Il paradigma riparativo

Accanto ai modelli ispirati al controllo, nell’ambito delle politiche orientate dall’idea della nuova penalità si pone il modello di Giustizia riparativa, noto con il termine inglese di “restorative justice”. Attualmente gli strumenti di Giustizia riparativa vengono utilizzati all’interno delle politiche criminali globali, in connessione o meno con strumenti di politica criminale maggiormente afflittivi.

Molti stati occidentali incoraggiano da almeno una ventina di anni procedure alternative di risoluzione dei conflitti (ADR, Alternative Dispute Resolution) in particolare adottati spesso per evitare costi e tempi della giustizia ‘lenta’ e ‘burocratizzata’ dei tribunali.

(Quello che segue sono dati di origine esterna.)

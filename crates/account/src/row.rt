ghost use Rattle.std.specs.Prelude.{◌≡◌, true, false, MatchOption, MatchResult};
ghost use Rattle.account.specs.Accounts.{is_sound, opened, settled_to, sent_at, free_at, released_from, units_at, with_units};
ghost use Rattle.bucket.specs.Pairs.{units_of};

use bucket::due::{due_mark, release_at};
use bucket::pair::BucketPair;
use order::keys::DueMark;
use std::error::Error;
use std::fmt;
use usage::ServiceRecord;
use values::instant::Instant;
use values::rates::Rates;

// What a pool or session has: its rates, what its two buckets held when they were last settled, its due mark and its service record.
// The numbers are plain; rates and the pair of buckets are made from them for settling and charging, and the pair is written back whole.
// No ghost field says that they are a pair: rows are compared and copied as they are, and each answer says whether they were one.
#[derive(Clone, Copy)]
pub struct Account {
    pub reserve: u32,
    pub limit: Option<u32>,
    pub burst: u8,
    pub reserve_units: u64,
    pub limit_units: Option<u64>,
    pub settled_at: u64,
    pub mark: DueMark,
    pub usage: ServiceRecord,
}

// Refused: a row's numbers are no pair of buckets.
#[derive(Clone, Copy, Debug, PartialEq, Eq)]
pub struct NoPair;

impl fmt::Display for NoPair {
    ghost use Rattle.std.specs.Prelude.{Some, codes};

    ghost output = { λ _. Some (codes "the numbers are no pair of buckets") };

    fn fmt<W: fmt::Write>(&self, f: &mut fmt::Formatter<W>) -> fmt::Result {
        f.write_str("the numbers are no pair of buckets")
    }
}

impl Error for NoPair {}

impl Account {
    // A new account, with the order number of its first due mark.
    pub fn new(rates: Rates, present: Instant, number: u64) -> Account
        ensures { result ≡ opened rates present.micros number }
    {
        let pair = BucketPair::fresh(rates);
        Account {
            reserve: rates.reserve,
            limit: rates.limit,
            burst: rates.burst,
            reserve_units: pair.reserve,
            limit_units: pair.limit,
            settled_at: present.micros,
            mark: due_mark(pair, present, number),
            usage: ServiceRecord::new(present),
        }
    }

    // The pair of buckets as of an instant; none exactly where the row's numbers are no pair.
    pub fn pair_at(&self, present: Instant) -> Option<BucketPair>
        ensures { MatchOption result (is_sound self.now ≡ false) (λ p. (is_sound self.now ≡ true) × (p.rates.reserve ≡ self.now.reserve) × (p.rates.limit ≡ self.now.limit) × (units_of p ≡ units_at self.now present.micros)) }
    {
        let rates = Rates::new(self.reserve, self.limit, self.burst).ok()?;
        let pair = BucketPair::from_units(rates, self.reserve_units, self.limit_units)?;
        Some(pair.settled(present.micros.saturating_sub(self.settled_at)))
    }

    // Writes the pair of buckets, as of an instant, back whole.
    fn write_back(&mut self, pair: BucketPair, present: Instant)
        ensures { self.new ≡ with_units self.old (units_of pair) present.micros }
    {
        self.reserve_units = pair.reserve;
        self.limit_units = pair.limit;
        self.settled_at = present.micros;
    }

    // Settles the two buckets to an instant, in place; refused, and nothing changed, exactly where the row's numbers are no pair.
    pub fn settle(&mut self, present: Instant) -> Result<(), NoPair>
        ensures { MatchResult result (λ _. (is_sound self.old ≡ true) × (self.new ≡ settled_to present.micros self.old)) (λ _. (is_sound self.old ≡ false) × (self.new ≡ self.old)) }
    {
        let pair = self.pair_at(present).ok_or(NoPair)?;
        self.write_back(pair, present);
        Ok(())
    }

    // Charges one run sent at an instant, renews the due mark with an order number and counts the run, in place;
    // refused, and nothing changed, exactly where the row's numbers are no pair.
    pub fn send(&mut self, present: Instant, number: u64, due: bool) -> Result<(), NoPair>
        ensures { MatchResult result (λ _. (is_sound self.old ≡ true) × (self.new ≡ sent_at present.micros number due self.old)) (λ _. (is_sound self.old ≡ false) × (self.new ≡ self.old)) }
    {
        let settled = self.pair_at(present).ok_or(NoPair)?;
        let pair = settled.charged();
        self.write_back(pair, present);
        self.mark = due_mark(pair, present, number);
        self.usage.move_on(present);
        self.usage.count_send(due);
        Ok(())
    }

    // Whether the limit lets a run go at an instant; none exactly where the row's numbers are no pair.
    pub fn may_send(&self, present: Instant) -> Option<bool>
        ensures { MatchOption result (is_sound self.now ≡ false) (λ free. (is_sound self.now ≡ true) × (free ≡ free_at present.micros self.now)) }
    {
        Some(self.pair_at(present)?.may_send())
    }

    // The instant from which the limit lets a run go, as seen at the present one; none exactly where the row's numbers are no pair.
    pub fn release(&self, present: Instant) -> Option<u64>
        ensures { MatchOption result (is_sound self.now ≡ false) (λ at. (is_sound self.now ≡ true) × (at ≡ released_from present.micros self.now)) }
    {
        let pair = self.pair_at(present)?;
        Some(release_at(pair, present))
    }
}
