ghost use Rattle.account.specs.Laws.{AccountLaws};

// What holds of every account, whatever happens to it.
pub fn accounts_hold()
    ensures { AccountLaws }
{}
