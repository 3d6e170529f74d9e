// Plans the job on standard input by all four plans and prints a line for each, or the line of the refusal.
#![tactic(auto)]

fn main(rt: HostRuntime) {
    plan_report::print_summary(
        rt.alloc(),
        &mut rt.stdin(),
        &mut rt.stdout(),
        &mut rt.stderr(),
    );
}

Il richiamo è al proliferare di molti programmi indicati come “Giustizia di vicinato”, “Giustizia di prossimità” o “Giustizia di comunità”, caratterizzati dal coinvolgimento della comunità non solo nella gestione dei conflitti ma anche nella elaborazione di progetti di prevenzione e di intervento.

I progetti di Giustizia di comunità utilizzano tecniche di risoluzione dei conflitti atte a riaffermare simbolicamente attraverso la narrazione di un conflitto il senso delle relazioni comunitarie. L’attenzione non è solo sul fatto-reato quanto sulle norme di condotta sociale e sulla capacità della comunità di trasformare, attraverso la discussione di quel particolare conflitto, stili di vita e atteggiamenti individuali e di rafforzare l’appartenenza comunitaria: attraverso le procedure di Giustizia riparativa quello che è un conflitto privato viene ad essere trasformato in un problema collettivo. Tali forme alternative di giustizia sono nate finalizzate al regolamento di litigi minori, di conflitti familiari, di vicinato, tra adolescenti, ecc.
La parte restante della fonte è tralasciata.